A single glance at the “kitchen” made it clear why those who were able to pay for the privilege of receiving meals cooked by their families did so, or prepared their food in their cells.

Borges participated in the tour in order to advocate the demolition of the penitentiary, and the incorporation of the grounds into the Park of the West, a 14 hectare – 46 have been promised – recreation area in which Caracans can commune with nature.

A majority of those who visited the prison while it was open to the public agreed that it should be torn down. Groups of high school students led by their teachers and a few families toured the rundown buildings, their exclamations gradually overwhelmed by shocked silence.

“Whatever the prisoners did, this is not fit for human beings,” commented 14-year-old Catia resident Ronny Vivas, who joined the reporters “because I wanted to see if it was as bad as they say.”

One of his uncles was forced to spend two years in Catia until he was found innocent of charges brought against him after his case was heard. “He was lucky because his case was really clear, and his family was around to make sure he didn’t break down and come out, like everyone else, a drug addict or murderer,” Ronny said

Leading Venezuelan criminologist, Elio Gomez Grillo, said the only sensible option for “that den of terror and death” is demolition.

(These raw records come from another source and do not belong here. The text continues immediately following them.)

//! Items, and what was read of a module.

ghost use Rattle.std.specs.Prelude.{◌≡◌, ◌<◌, ◌≤◌, ◌+◌, [], length, map, IfOk, OnOk};
ghost use Rattle.pv_base.specs.Limits.{live_limit};
ghost use Rattle.ir_tree.specs.Table.{Table};
ghost use Rattle.ir_tree.specs.Naming.{Grows};
ghost use Rattle.ir_tree.specs.Shown.{shown_named, shown_global, shown_function};
ghost use Rattle.ir_grammar.specs.Modules as grammar;
ghost use Rattle.ir_reader.specs.Gathered.{item_of, so_far_at, ItemWithin, SoFarWithin};

use crate::global::PlacedGlobal;
use ir_instr::defined::Defined;
use ir_tree::items::{Function, Global, NamedType};
use ir_tree::table::Names;
use pv_base::list::List;
use pv_base::want::Memory;
use std::alloc::Global as Allocator;

/// An item of a text.
#[derive(Drop)]
pub enum Item {
    NamedType(NamedType),
    Global(PlacedGlobal),
    Function(Function),
    /// One that is passed over.
    Passed,
}

/// What was read of a module: its globals and functions, in text order, and what later items are held against.
#[derive(Drop)]
pub struct SoFar {
    pub globals: List<Global>,
    pub functions: List<Function>,
    /// The names of its named types.
    pub types: Defined,
    /// The names of its globals and functions, which are one set.
    pub values: Defined,
    /// How many bytes its globals take.
    pub size: u64,
}

impl SoFar {
    /// Before the first item.
    pub fn new(alloc: Allocator) -> SoFar
        ensures { result ≡ record { globals = []; functions = []; types = []; values = []; size = 0 } }
    {
        SoFar {
            globals: List::new(alloc),
            functions: List::new(alloc),
            types: Defined::new(alloc),
            values: Defined::new(alloc),
            size: 0,
        }
    }

    fn add_type(&mut self, names: &Names, named: NamedType) -> Result<(), Memory>
        requires so_far { SoFarWithin names.now self.old }
        requires name { named.name < length names.now.names }
        ensures adds { OnOk result ((later : Table) → Grows names.now later → so_far_at later self.new ≡ grammar.with_item (so_far_at later self.old) (grammar.TypeItem (shown_named later named))) }
        ensures within { OnOk result (SoFarWithin names.now self.new) }
    {
        names.is_table();
        self.types.push(named.name)?;
        Ok(())
    }

    fn add_global(&mut self, names: &Names, placed: PlacedGlobal) -> Result<(), Memory>
        requires so_far { SoFarWithin names.now self.old }
        requires name { placed.global.name < length names.now.names }
        requires size { self.old.size + placed.bytes ≤ live_limit }
        ensures adds { OnOk result ((later : Table) → Grows names.now later → so_far_at later self.new ≡ grammar.with_item (so_far_at later self.old) (grammar.GlobalItem (shown_global later placed.global) placed.bytes)) }
        ensures within { OnOk result (SoFarWithin names.now self.new) }
    {
        names.is_table();
        self.globals.push(placed.global)?;
        self.values.push(placed.global.name)?;
        self.size += placed.bytes;
        Ok(())
    }

    fn add_function(&mut self, names: &Names, function: Function) -> Result<(), Memory>
        requires so_far { SoFarWithin names.now self.old }
        requires name { function.name < length names.now.names }
        ensures adds { OnOk result ((later : Table) → Grows names.now later → so_far_at later self.new ≡ grammar.with_item (so_far_at later self.old) (grammar.FunctionItem (shown_function later function))) }
        ensures within { OnOk result (SoFarWithin names.now self.new) }
    {
        names.is_table();
        let name = function.name;
        self.functions.push(function)?;
        self.values.push(name)?;
        Ok(())
    }

    /// Adds an item behind those before it.
    pub fn add(&mut self, names: &Names, item: Item) -> Result<(), Memory>
        requires so_far { SoFarWithin names.now self.old }
        requires item { ItemWithin names.now self.old.size item }
        ensures adds { OnOk result ((later : Table) → Grows names.now later → so_far_at later self.new ≡ grammar.with_item (so_far_at later self.old) (item_of later item)) }
        ensures within { OnOk result (SoFarWithin names.now self.new) }
    {
        match item {
            Item::NamedType(named) => self.add_type(names, named),
            Item::Global(placed) => self.add_global(names, placed),
            Item::Function(function) => self.add_function(names, function),
            Item::Passed => Ok(()),
        }
    }
}
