//! Loops over memory, each in one frame.
use crate::calls::{check, run, turning};
use crate::modules::{COUNT, COUNT_ITEMS, TABLE, TABLE_ITEMS};
use std::test::Fail;

/// Writes a byte in one turn and prints it in a later one.
const LATER_ITEMS: &str = "@a = global i8 0\ndeclare i32 @putchar(i32)\n";

const LATER: &str = "  %w = icmp eq i32 %i, 5
  br i1 %w, label %write, label %test
write:
  store i8 65, ptr @a
  br label %latch
test:
  %r = icmp eq i32 %i, 7
  br i1 %r, label %read, label %latch
read:
  %x = load i8, ptr @a
  %y = zext i8 %x to i32
  %z = call i32 @putchar(i32 %y)
  br label %latch
";

const EARLIER: &str = "  %w = icmp eq i32 %i, 7
  br i1 %w, label %write, label %test
write:
  store i8 65, ptr @a
  br label %latch
test:
  %r = icmp eq i32 %i, 5
  br i1 %r, label %read, label %latch
read:
  %x = load i8, ptr @a
  %y = zext i8 %x to i32
  %z = call i32 @putchar(i32 %y)
  br label %latch
";

const PAST_RANGE: &str =
    "  %x = load i32, ptr @n\n  %y = add nsw i32 %x, 1\n  store i32 %y, ptr @n\n  br label %latch\n";

/// A list of one element, made and freed in each turn.
const LIST_ITEMS: &str =
    "@list = global ptr null\n@tail = global ptr null\ndeclare ptr @malloc(i64)\ndeclare void @free(ptr)\n";

const LIST: &str = "  %p = call ptr @malloc(i64 16)
  %h = load ptr, ptr @list
  store ptr %h, ptr %p
  store ptr %p, ptr @list
  store ptr %p, ptr @tail
  %g = load ptr, ptr @list
  %n = load ptr, ptr %g
  store ptr %n, ptr @list
  call void @free(ptr %g)
  br label %latch
";

const KEEP_ONE: &str = "  %p = call ptr @malloc(i64 8)
  store i32 %i, ptr %p
  %k = icmp eq i32 %i, 300
  br i1 %k, label %latch, label %drop
drop:
  call void @free(ptr %p)
  br label %latch
";

const LEAVE: &str = "  %b = icmp eq i32 %i, 40\n  br i1 %b, label %done, label %latch\n";

/// Reads through a pointer that the first turn stores.
const THROUGH_ITEMS: &str =
    "@a = global i32 66\n@cur = global ptr null\ndeclare i32 @putchar(i32)\n";

const THROUGH: &str = "  %z = icmp eq i32 %i, 0
  br i1 %z, label %set, label %get
set:
  store ptr @a, ptr @cur
  br label %latch
get:
  %q = load ptr, ptr @cur
  %v = load i32, ptr %q
  %o = call i32 @putchar(i32 %v)
  br label %latch
";

const ECHO_ITEMS: &str = "declare i32 @getchar()\ndeclare i32 @putchar(i32)\n";

const ECHO: &str =
    "  %g = call i32 @getchar()\n  %o = call i32 @putchar(i32 %g)\n  br label %latch\n";

/// Items, turns, body, input and budget, each with the answer.
const RUNS: &[(&str, &str, &str, &str, &str, &str)] = &[
    (
        TABLE_ITEMS,
        "0",
        TABLE,
        "",
        "99",
        "0 |ended 0 steps 4\nglobal @scratch 00000000000000000000000000000000000000000000000000000000000000000000000000000000000000000000000000000000000000000000000000000000\n",
    ),
    (
        LATER_ITEMS,
        "10",
        LATER,
        "",
        "1000",
        "0 A|ended 0 steps 88\nglobal @a 41\n",
    ),
    (
        LATER_ITEMS,
        "10",
        EARLIER,
        "",
        "1000",
        "0 \0|ended 0 steps 88\nglobal @a 41\n",
    ),
    (
        COUNT_ITEMS,
        "4",
        COUNT,
        "",
        "1000",
        "0 |ended 0 steps 36\nglobal @n 60000000\n",
    ),
    (
        COUNT_ITEMS,
        "4",
        COUNT,
        "",
        "36",
        "0 |ended 0 steps 36\nglobal @n 60000000\n",
    ),
    (
        COUNT_ITEMS,
        "4",
        COUNT,
        "",
        "35",
        "2 |spent 35\nglobal @n 60000000\n",
    ),
    (
        COUNT_ITEMS,
        "20",
        COUNT,
        "",
        "1000",
        "0 |ended 0 steps 164\nglobal @n 50000000\n",
    ),
    (
        "@n = global i32 2147483646\n",
        "4",
        PAST_RANGE,
        "",
        "1000",
        "1 |trapped overflow @main:5 steps 13\nglobal @n ffffff7f\n",
    ),
    (
        LIST_ITEMS,
        "6",
        LIST,
        "",
        "1000",
        "0 |ended 0 steps 88\nglobal @list 0000000000000000\nglobal @tail <7+0>\n",
    ),
    (
        "declare ptr @malloc(i64)\ndeclare void @free(ptr)\n",
        "600",
        KEEP_ONE,
        "",
        "9999",
        "0 |ended 0 steps 6002\n",
    ),
    ("", "100", LEAVE, "", "1000", "0 |ended 0 steps 246\n"),
    (
        THROUGH_ITEMS,
        "3",
        THROUGH,
        "",
        "1000",
        "0 BB|ended 0 steps 32\nglobal @a 42000000\nglobal @cur <0+0>\n",
    ),
    (
        ECHO_ITEMS,
        "3",
        ECHO,
        "xyz",
        "1000",
        "0 xyz|ended 0 steps 25\n",
    ),
    (
        ECHO_ITEMS,
        "2",
        ECHO,
        "x",
        "1000",
        "0 x\u{FFFD}|ended 0 steps 18\n",
    ),
];

#[test]
fn runs(rt: HostRuntime) -> Result<(), Fail> {
    let alloc = rt.alloc();
    for (items, turns, body, input, budget, wanted) in RUNS {
        let module = turning(alloc, items, turns, body)?;
        let told = run(alloc, module.as_slice(), input, budget)?;
        assert_eq!(rt; told.as_str(), *wanted);
    }
    Ok(())
}

#[test]
fn a_table_is_filled_and_printed(rt: HostRuntime) -> Result<(), Fail> {
    let alloc = rt.alloc();
    let whole =
        "1001\n1002\n|ended 0 steps 105004\nglobal @scratch e7030000e8030000e9030000ea030000eb030000ec030000ed030000ee030000ef030000f0030000f1030000f2030000f3030000f4030000f5030000f6030000\n";
    let cut =
        "477\n478\n|spent 50000\nglobal @scratch dc010000dd010000de010000de010000df010000e0010000e1010000e2010000e3010000e4010000e5010000e6010000e7010000e8010000e9010000ea010000\n";
    // turns, budget; the length of status and output, and how the answer ends
    let rows: [(&str, &str, usize, &str); 5] = [
        ("1000", "1000000", 2 + 3899, whole),
        ("1000", "105004", 2 + 3899, whole),
        ("1000", "50000", 2 + 1800, cut),
        (
            "253",
            "1000000",
            2 + 908,
            "254\n255\n|ended 0 steps 26569\nglobal @scratch fc000000fd000000fe000000ff000000000100000101000002010000030100000401000005010000060100000701000008010000090100000a0100000b010000\n",
        ),
        (
            "254",
            "1000000",
            2 + 912,
            "255\n256\n|ended 0 steps 26674\nglobal @scratch fd000000fe000000ff000000000100000101000002010000030100000401000005010000060100000701000008010000090100000a0100000b0100000c010000\n",
        ),
    ];
    for (turns, budget, length, ending) in &rows {
        let module = turning(alloc, TABLE_ITEMS, turns, TABLE)?;
        let told = run(alloc, module.as_slice(), "", budget)?;
        assert!(rt; told.as_bytes().ends_with(ending.as_bytes()));
        assert_eq!(rt;
            told.as_bytes().iter().position(|b| *b == b'|'),
            Some(*length)
        );
    }
    Ok(())
}

#[test]
fn a_module_is_counted(rt: HostRuntime) -> Result<(), Fail> {
    let alloc = rt.alloc();
    let module = turning(alloc, COUNT_ITEMS, "4", COUNT)?;
    assert_eq!(rt;
        check(alloc, module.as_slice())?.as_str(),
        "0 accepted functions 1 globals 1 instructions 11\n|"
    );
    let module = turning(alloc, TABLE_ITEMS, "4", TABLE)?;
    assert_eq!(rt;
        check(alloc, module.as_slice())?.as_str(),
        "0 accepted functions 1 globals 2 instructions 19\n|"
    );
    Ok(())
}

Gomez Grillo maintained that “poverty, much more than crime,” is punished in Venezuela’s 32 prisons, home to 26,000 inmates. That is why, he contends, there is little social sensibility regarding an inoperative justice system that leads to inmates often serving much more time than they would had they enjoyed timely sentencing.

“Catia is irrecoverable,” says Justice Minister Meier. “It would cost us some 53 million dollars to rebuild, compared to 22,000 to knock it down….No one will block the demolition.”

Borges tells of the work of an interdisciplinary group of artists and volunteers that spent a year documenting life inside the prison. The group plans to use the material to create a kind of “horror museum, so it will never be forgotten.”

Reforms introduced by Meier did go some way to improving life in Catia before the prsoners were transferred elsewhere. A new prison director was successful in drastically reducing the incidence of crime and the number of murders and injuries within its walls. Under him, prison riots became almost non-existent and he was able to curb the rampant corruption and speed up processing for those awaiting sentencing.

The important thing for a prisoner, commented one inmate of Rodeo II, one of the two new prisons that took in the 1,600 inmates of Catia, “is to see the judge, to know your case isn’t stuck, because with a sentence you know you’ll eventually get out.”

Monica Fernandez, a young attorney named Director of Prisons in late 1996, says today’s authorities are up against “decades of neglect and of a culture in need of radical changes…There are too many evils enclosed in the system. But Minister Meier was finally able to put a padlock on the most disgraceful symbol of all: Catia.”